Another area of intellectual property law resulting from the passage and enactment of the 1976 Copyright Act, is work for hire in its current form, relying on 12 elements of agency partnership law to determine employment status for work for hire. The 1976 Act replaced the 1909 Copyright Act which had used "control of the hiring party" to determine who could claim copyright, created a legal fiction of corporate authorship through work for hire.
To determine whether the law creates a work for hire in a product created by a hired party, based on the 1976 Act, agency and partnership law's 12 elements that determine employee status have to be applied and analyzed, then it has to be determined whether the hired party was working within the scope of duties. Both of these elements have to be satisfied to decide employee status and all 12 elements have to be considered to make a determination of employee status. Using one or two elements alone cannot indicate employee status.

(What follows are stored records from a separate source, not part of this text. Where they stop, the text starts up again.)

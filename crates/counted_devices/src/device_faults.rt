//! How a fault of an input or a write is printed: as its name.

ghost use Rattle.std.specs.Prelude.{Some};
ghost use Rattle.counted_devices.specs.DeviceFaults.{input_fault_name, write_fault_name};

use crate::sending::WriteFault;
use crate::whole_input::InputFault;
use std::fmt;

impl fmt::Display for InputFault {
    ghost output = { λ fault. Some (input_fault_name fault) };

    fn fmt<W: fmt::Write>(&self, f: &mut fmt::Formatter<W>) -> fmt::Result {
        f.write_str(match self {
            InputFault::Device => "Device",
            InputFault::InputTooLong => "InputTooLong",
            InputFault::NoMemory => "NoMemory",
        })
    }
}

impl fmt::Display for WriteFault {
    ghost output = { λ fault. Some (write_fault_name fault) };

    fn fmt<W: fmt::Write>(&self, f: &mut fmt::Formatter<W>) -> fmt::Result {
        f.write_str(match self {
            WriteFault::Device => "Device",
        })
    }
}
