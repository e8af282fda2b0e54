//! Puts a line of output together from texts and numbers, of at most 192 bytes and without taking
//! memory.

ghost use Rattle.std.specs.Prelude.{◌≡◌, ℕ, ◌+◌, ◌≤◌, [], ◌++◌, length};
ghost use Rattle.std.specs.Fmt.{decimal};

use fixed_worth::WrittenNumber;
use std::marker::Model;

/// At most 192 bytes, put together piece by piece.
#[derive(Drop)]
pub struct ShortLine {
    bytes: [u8; 192],
    len: usize,
}

impl Model for ShortLine {
    ghost use Rattle.std.specs.Prelude.{ℕ, ◌≤◌, List, take};

    ghost Value = { List ℕ };

    ghost view = { λ l. take l.len l.bytes };

    ghost invariant = { λ l. l.len ≤ 192 };
}

impl ShortLine {
    /// An empty line.
    pub fn new() -> ShortLine
        ensures { result ≡ [] }
    {
        ShortLine {
            bytes: [0; 192],
            len: 0,
        }
    }

    /// Puts a text after the line, which has at most 192 bytes with it.
    pub fn push(&mut self, text: &[u8])
        requires { length self.old + length text.now ≤ 192 }
        ensures text { self.new ≡ self.old ++ text.now }
        ensures length { length self.new ≡ length self.old + length text.now }
    {
        let end = self.len + text.len();
        let all = &mut self.bytes[..];
        all[self.len..end].copy_from_slice(text);
        self.len = end;
    }

    /// Puts the digits of a number after the line, which has at most 153 bytes before.
    pub fn push_number(&mut self, n: u128)
        requires { length self.old + 39 ≤ 192 }
        ensures text { self.new ≡ self.old ++ decimal n }
        ensures length { length self.new ≤ length self.old + 39 }
    {
        self.push(WrittenNumber::of(n).as_bytes());
    }

    /// The bytes of the line.
    pub fn as_bytes(&self) -> &[u8]
        ensures { result.now ≡ self.now }
    {
        let (line, _) = self.bytes.split_at(self.len);
        line
    }
}
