//! Devices that count their calls that failed, and what goes over them: inputs read whole, and texts, lines and pages
//! sent.
//!
//! Stands on `fixed_worth`, which gives a line its numbers, and on nothing else. Promises upward: where a device
//! fails, its count says so; what a writer had received by then is a prefix of the text; and an input is read whole,
//! or refused where it has more bytes than the limit.
//!
//! An example: with a limit of 5 `read_whole` gives five bytes whole and refuses ten; and a device that takes three
//! bytes a call gets all ten digits that `write_text` sends. Tried in `lower_tests/src/devices.rt`.
//!
//! ```rust
//! let mut from = Counted::new(Failing::new(bytes, 1, fails_at, failure));
//! let answer = match read_whole(alloc, &mut from, u64::from(limit)) {
//!     Ok(text) => Ok(text.len()),
//!     Err(fault) => Err(fault),
//! };
//!
//! let (exact, calls) = read_by_bytes(rt.alloc(), b"01234", 5, 0, Failure::Broken);
//! assert!(rt; exact == Ok(5) && calls <= 7);
//! let (longer, calls) = read_by_bytes(rt.alloc(), b"0123456789", 5, 0, Failure::Broken);
//! assert!(rt; longer == Err(InputFault::InputTooLong) && calls <= 7);
//!
//! let mut out = Counted::new(Failing::new(Vec::new(alloc), 3, fails_at, failure));
//! let answer = write_text(&mut out, b"0123456789");
//! (answer, out.into_inner().into_inner())
//!
//! let (answer, received) = sent(rt.alloc(), 0, Failure::Broken);
//! assert!(rt; answer == Ok(()) && received.as_slice() == b"0123456789".as_slice());
//! ```
#![tactic(auto)]

mod device_faults;
mod devices;
mod failing_device;
mod pages;
mod sending;
mod short_line;
mod whole_input;

pub use devices::{Counted, CountedRead, CountedWrite};
pub use failing_device::{Failing, Failure};
pub use pages::Page;
pub use sending::{WriteFault, write_text};
pub use short_line::ShortLine;
pub use whole_input::{InputFault, read_whole};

To establish whether an employee is working within the scope of duties, it is possible to use one or the other of the following tests:
Three-point test
Two-point test
Students may do multiple kinds of work on campus, sometimes as employees, and sometimes as students. Those in positions of authority on campus should be aware of and careful about how to treat the work that students create, and these 12 elements and scope tests can help determine whether students are working as employees or as students.
If students create work for the university specifically to make money and not to achieve a grade, depending on the situation in the categories above, they are more likely to be treated legally as employees. Students who engage in true employment on campus are also likely to have signed a contract noting that they agree to act as an employee. But difficulty arises when they participate in a class or a club in which they provide content that may have value they did not expect or may assume that they will keep after the period of engagement and find that someone or some entity makes a claim on that work.
The information and ideas contained in this webtext are not intended to be understood as legal advice, but rather as an exploration of the potential tensions that may exist between how authorship functions as a legal concept and how authorship is practiced and theorized in educational contexts.